Each prompt includes formatted article summaries grouped by topic, target audience specifications, valid category taxonomy, and required markdown structure with frontmatter.

Automated Git Deployment

The final stage integrates directly with GitHub. The workflow fetches the current TypeScript blog data file, parses and inserts the new post object at the beginning of the array, commits with dynamic metadata and timestamps, and preserves TypeScript structure and formatting throughout.

Generated output format:

{ id: "ai-llm-developments-2026-02-07", title: "...", excerpt: "...", content: `...`, publishedAt: "2026-02-07", readTime: 6, category: "tech-review", tags: ["AI", "LLM"], sources: [...] }

Key Learnings

Prompt Engineering is Critical

The quality of generated content directly correlates with prompt specificity. Including exact output format requirements, category taxonomy validation, audience personas, and quality criteria resulted in 3× better first-draft quality.

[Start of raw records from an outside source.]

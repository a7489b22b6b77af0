//! What the hops of all executed locations take at most.

ghost use Rattle.std.specs.Prelude.{IfOk, IfSome, IfNone};
ghost use Rattle.flow_graph.specs.Flow.{deck_of, executed_in, notes_of};
ghost use Rattle.flow_graph.specs.SettingOf.{setting};
ghost use Rattle.ceiling_rows.specs.Raised.{HasNone};
ghost use Rattle.ceiling_rows.specs.Rows.{AreRows, IsRowNumber, IsRowOf};

use crate::edges::edges_of;
use crate::found::Found;
use crate::raised::Raised;
use crate::row::Row;
use crate::slot::Slot;
use base_notes::Times;
use flow_graph::Flow;
use std::alloc::{AllocError, Global};

/// The row of a location that is found there; `None` where it isn't executed, or not found there.
/// Of its hops `raised` keeps nothing.
fn row_at(
    alloc: Global,
    flow: &Flow<'_>,
    times: &Times,
    raised: &mut Raised,
    slot: Slot,
) -> Result<Option<Row>, AllocError>
    requires { HasNone raised.old }
    ensures row { IfOk result (λ made. IfSome made (IsRowOf
        (setting (deck_of flow.now) times.now (notes_of flow.now)) (executed_in flow.now)
        slot.number)) }
    ensures none { IfOk result (λ made. IfNone made
        (¬ IsRowNumber (executed_in flow.now) slot.number)) }
    ensures forgotten { IfOk result (λ made. HasNone raised.new) }
{
    let from = Found::at(flow, times, slot);
    if flow.index_of(from.location).is_none() || !from.is_there() {
        return Ok(None);
    }
    raised.take_all(flow.deck(), &from);
    let row = Row {
        stop: raised.stop,
        last: raised.last,
        most: raised.most,
        edges: edges_of(alloc, from.notes.marks(), from.location, raised)?,
    };
    raised.forget(&row.edges);
    Ok(Some(row))
}

/// The rows of all executed locations, at the numbers of where they are found.
pub fn rows_of(
    alloc: Global,
    flow: &Flow<'_>,
    times: &Times,
) -> Result<Vec<Option<Row>>, AllocError>
    ensures { IfOk result (λ rows. AreRows
        (setting (deck_of flow.now) times.now (notes_of flow.now)) (executed_in flow.now)
        rows.items) }
{
    let mut rows = Vec::with_capacity(alloc, Slot::COUNT)?;
    let mut raised = Raised::none(alloc)?;
    for number in 0..Slot::COUNT {
        let slot = Slot {
            number: number as u16,
        };
        rows.push(row_at(alloc, flow, times, &mut raised, slot)?)?;
    }
    Ok(rows)
}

Multi-Stage AI Works Better Than Single-Shot

Splitting the workflow into Filter → Synthesize → Generate stages produced significantly better results than asking Claude to do everything at once.

Structured Data Output is Essential

Enforcing JSON responses with strict schemas eliminated parsing errors and enabled reliable downstream processing.

Voice Preservation Requires Context

Providing tone specifications, audience descriptions, and example structures helped Claude maintain consistent voice across generated posts.